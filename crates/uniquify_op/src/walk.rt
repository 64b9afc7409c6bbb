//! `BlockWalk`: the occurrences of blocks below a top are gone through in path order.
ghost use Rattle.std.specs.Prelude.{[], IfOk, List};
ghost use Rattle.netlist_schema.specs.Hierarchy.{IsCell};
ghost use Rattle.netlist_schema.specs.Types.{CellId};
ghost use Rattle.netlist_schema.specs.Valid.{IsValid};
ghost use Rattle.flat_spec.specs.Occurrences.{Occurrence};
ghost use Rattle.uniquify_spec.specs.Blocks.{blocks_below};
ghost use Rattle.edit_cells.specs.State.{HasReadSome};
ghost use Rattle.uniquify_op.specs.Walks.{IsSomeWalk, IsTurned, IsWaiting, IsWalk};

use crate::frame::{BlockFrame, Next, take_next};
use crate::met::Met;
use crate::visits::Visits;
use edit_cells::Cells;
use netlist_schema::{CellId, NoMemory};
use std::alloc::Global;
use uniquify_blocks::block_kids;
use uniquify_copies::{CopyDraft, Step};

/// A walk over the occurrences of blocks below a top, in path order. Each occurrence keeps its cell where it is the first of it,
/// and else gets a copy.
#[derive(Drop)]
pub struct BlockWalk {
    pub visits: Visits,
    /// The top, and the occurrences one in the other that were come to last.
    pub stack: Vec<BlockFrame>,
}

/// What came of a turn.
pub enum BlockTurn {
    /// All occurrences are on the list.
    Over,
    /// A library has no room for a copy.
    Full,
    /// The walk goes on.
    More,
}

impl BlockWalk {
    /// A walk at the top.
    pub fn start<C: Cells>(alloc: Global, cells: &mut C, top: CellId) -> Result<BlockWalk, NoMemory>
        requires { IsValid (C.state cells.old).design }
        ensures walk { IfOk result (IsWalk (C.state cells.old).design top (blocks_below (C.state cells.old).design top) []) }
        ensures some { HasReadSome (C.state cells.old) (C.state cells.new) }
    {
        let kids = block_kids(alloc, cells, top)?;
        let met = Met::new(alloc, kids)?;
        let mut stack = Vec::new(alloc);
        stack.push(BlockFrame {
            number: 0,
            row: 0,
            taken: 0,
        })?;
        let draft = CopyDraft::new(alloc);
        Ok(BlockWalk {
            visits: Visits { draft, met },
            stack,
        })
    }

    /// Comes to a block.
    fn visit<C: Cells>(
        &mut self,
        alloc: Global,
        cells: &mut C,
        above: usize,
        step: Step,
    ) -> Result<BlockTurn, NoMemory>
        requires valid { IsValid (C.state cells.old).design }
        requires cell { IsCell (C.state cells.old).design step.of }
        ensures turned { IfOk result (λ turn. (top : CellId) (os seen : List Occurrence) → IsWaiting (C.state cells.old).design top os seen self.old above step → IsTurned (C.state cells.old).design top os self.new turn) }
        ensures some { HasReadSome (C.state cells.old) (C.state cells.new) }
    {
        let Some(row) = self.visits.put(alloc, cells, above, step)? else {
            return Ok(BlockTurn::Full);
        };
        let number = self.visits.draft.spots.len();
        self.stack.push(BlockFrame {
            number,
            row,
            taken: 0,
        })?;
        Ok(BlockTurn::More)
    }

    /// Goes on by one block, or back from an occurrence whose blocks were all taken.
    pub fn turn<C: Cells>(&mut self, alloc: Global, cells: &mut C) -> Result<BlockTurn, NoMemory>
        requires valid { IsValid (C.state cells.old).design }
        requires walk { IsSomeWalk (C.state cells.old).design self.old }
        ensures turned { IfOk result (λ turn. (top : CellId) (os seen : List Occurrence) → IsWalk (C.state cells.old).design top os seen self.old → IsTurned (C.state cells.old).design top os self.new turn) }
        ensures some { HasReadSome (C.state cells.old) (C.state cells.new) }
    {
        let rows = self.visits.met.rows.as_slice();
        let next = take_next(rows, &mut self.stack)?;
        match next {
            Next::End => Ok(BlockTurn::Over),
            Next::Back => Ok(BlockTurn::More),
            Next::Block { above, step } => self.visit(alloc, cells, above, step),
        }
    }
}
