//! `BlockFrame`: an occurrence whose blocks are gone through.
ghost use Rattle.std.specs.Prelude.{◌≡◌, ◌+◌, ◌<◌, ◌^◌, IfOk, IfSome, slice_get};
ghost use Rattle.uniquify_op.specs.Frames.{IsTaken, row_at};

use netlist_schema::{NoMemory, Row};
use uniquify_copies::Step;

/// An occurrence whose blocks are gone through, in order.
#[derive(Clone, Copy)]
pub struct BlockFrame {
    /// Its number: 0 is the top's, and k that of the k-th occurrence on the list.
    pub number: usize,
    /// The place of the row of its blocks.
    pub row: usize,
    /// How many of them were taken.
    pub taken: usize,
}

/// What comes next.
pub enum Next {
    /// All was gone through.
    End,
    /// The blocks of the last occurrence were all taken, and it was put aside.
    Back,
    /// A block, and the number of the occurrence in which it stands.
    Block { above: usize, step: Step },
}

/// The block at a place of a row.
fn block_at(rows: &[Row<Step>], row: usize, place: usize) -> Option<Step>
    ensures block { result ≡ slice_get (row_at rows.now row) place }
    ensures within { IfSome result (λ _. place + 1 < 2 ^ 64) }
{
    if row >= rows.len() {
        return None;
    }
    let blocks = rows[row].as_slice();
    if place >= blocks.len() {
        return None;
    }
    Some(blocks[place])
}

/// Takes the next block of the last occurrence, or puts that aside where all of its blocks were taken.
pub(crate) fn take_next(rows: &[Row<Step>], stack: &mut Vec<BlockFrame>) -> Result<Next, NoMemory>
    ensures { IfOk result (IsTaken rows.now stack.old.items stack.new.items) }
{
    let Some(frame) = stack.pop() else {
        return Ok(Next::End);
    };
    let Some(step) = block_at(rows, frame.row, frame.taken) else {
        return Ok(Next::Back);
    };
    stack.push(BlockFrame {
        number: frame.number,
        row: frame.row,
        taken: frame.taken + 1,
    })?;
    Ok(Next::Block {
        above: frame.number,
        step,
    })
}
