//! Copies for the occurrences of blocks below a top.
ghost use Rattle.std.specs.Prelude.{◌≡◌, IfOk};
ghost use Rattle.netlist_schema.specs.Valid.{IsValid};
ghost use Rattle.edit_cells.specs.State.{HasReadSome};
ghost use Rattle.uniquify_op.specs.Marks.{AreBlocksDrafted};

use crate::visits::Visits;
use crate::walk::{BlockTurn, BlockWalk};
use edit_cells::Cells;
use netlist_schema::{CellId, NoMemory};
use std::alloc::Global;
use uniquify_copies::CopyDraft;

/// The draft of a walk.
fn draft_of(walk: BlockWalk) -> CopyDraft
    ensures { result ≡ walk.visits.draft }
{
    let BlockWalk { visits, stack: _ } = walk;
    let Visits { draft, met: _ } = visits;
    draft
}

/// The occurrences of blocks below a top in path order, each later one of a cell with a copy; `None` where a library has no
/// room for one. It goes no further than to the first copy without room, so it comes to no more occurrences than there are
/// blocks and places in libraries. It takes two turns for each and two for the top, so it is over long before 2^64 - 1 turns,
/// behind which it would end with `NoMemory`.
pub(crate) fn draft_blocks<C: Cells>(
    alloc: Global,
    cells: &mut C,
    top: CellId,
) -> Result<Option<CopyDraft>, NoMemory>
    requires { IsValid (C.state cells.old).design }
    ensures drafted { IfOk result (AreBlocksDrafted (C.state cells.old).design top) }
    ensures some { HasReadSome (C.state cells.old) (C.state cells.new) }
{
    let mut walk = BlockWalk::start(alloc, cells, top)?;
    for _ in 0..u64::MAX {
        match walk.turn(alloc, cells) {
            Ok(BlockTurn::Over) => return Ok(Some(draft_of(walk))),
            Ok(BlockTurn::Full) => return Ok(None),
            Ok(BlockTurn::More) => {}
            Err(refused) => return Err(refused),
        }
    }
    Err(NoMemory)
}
==
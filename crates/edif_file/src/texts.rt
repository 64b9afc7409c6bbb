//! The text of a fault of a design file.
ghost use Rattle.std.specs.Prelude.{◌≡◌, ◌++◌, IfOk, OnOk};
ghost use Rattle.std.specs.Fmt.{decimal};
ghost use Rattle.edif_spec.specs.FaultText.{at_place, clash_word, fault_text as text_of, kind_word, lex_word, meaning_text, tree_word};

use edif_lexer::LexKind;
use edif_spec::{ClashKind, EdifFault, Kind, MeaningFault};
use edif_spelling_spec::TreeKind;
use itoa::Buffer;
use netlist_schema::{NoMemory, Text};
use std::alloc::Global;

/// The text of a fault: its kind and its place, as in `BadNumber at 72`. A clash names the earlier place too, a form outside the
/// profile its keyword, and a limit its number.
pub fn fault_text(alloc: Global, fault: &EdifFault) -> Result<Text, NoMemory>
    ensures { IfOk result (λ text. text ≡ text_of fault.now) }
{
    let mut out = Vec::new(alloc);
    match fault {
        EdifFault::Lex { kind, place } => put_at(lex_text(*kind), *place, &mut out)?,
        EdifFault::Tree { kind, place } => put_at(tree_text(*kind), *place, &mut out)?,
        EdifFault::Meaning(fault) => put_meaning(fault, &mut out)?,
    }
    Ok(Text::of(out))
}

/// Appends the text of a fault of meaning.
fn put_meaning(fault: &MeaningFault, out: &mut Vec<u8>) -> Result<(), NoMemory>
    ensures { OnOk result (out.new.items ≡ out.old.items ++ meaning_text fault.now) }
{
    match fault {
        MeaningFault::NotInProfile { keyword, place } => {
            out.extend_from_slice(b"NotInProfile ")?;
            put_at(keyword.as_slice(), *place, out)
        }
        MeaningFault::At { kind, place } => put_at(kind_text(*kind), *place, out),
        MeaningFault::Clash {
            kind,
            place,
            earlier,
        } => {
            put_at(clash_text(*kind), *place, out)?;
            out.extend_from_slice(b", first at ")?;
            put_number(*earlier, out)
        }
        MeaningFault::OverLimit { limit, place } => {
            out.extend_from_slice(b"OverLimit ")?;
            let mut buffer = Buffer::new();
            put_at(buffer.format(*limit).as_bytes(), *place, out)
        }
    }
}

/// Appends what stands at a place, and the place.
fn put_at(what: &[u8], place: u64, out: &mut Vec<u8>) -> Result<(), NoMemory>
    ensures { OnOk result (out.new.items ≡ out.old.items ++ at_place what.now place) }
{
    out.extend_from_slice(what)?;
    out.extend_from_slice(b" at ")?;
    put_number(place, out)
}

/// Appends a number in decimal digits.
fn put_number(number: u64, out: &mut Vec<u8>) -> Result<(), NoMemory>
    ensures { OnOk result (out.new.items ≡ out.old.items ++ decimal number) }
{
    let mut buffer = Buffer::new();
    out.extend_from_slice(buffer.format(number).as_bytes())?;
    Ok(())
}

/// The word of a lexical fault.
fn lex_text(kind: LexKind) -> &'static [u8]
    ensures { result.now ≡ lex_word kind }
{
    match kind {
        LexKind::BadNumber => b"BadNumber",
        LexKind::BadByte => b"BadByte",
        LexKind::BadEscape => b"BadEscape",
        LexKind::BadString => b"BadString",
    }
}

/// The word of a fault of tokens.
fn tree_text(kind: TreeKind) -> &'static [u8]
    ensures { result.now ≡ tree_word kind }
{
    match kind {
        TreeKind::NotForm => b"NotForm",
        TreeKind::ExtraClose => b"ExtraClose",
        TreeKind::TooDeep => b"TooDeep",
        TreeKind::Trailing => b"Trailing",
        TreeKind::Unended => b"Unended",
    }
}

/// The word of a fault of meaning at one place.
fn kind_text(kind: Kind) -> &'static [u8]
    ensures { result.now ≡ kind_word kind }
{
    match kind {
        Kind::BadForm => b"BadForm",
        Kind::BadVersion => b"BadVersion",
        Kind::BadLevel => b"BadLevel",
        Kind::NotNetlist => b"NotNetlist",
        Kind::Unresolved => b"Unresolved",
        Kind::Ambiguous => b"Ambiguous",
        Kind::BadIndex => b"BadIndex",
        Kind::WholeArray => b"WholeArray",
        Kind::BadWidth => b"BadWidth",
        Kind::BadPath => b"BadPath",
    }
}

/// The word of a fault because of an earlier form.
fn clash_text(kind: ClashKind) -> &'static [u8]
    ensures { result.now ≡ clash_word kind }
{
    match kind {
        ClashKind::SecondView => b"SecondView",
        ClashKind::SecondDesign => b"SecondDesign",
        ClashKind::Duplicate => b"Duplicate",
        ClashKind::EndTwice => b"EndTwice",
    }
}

WHAT TO WORK ON>
Where the data above reaches the line holding "IfOk result (IsWalk", begin printing, and stop after the line holding "IsCell (C.state cells.old).design". Each line must be reproduced exactly, with nothing else added.

WRITTEN ANSWER>
        ensures walk { IfOk result (IsWalk (C.state cells.old).design top (blocks_below (C.state cells.old).design top) []) }
        ensures some { HasReadSome (C.state cells.old) (C.state cells.new) }
    {
        let kids = block_kids(alloc, cells, top)?;
        let met = Met::new(alloc, kids)?;
        let mut stack = Vec::new(alloc);
        stack.push(BlockFrame {
            number: 0,
            row: 0,
            taken: 0,
        })?;
        let draft = CopyDraft::new(alloc);
        Ok(BlockWalk {
            visits: Visits { draft, met },
            stack,
        })
    }

    /// Comes to a block.
    fn visit<C: Cells>(
        &mut self,
        alloc: Global,
        cells: &mut C,
        above: usize,
        step: Step,
    ) -> Result<BlockTurn, NoMemory>
        requires valid { IsValid (C.state cells.old).design }
        requires cell { IsCell (C.state cells.old).design step.of }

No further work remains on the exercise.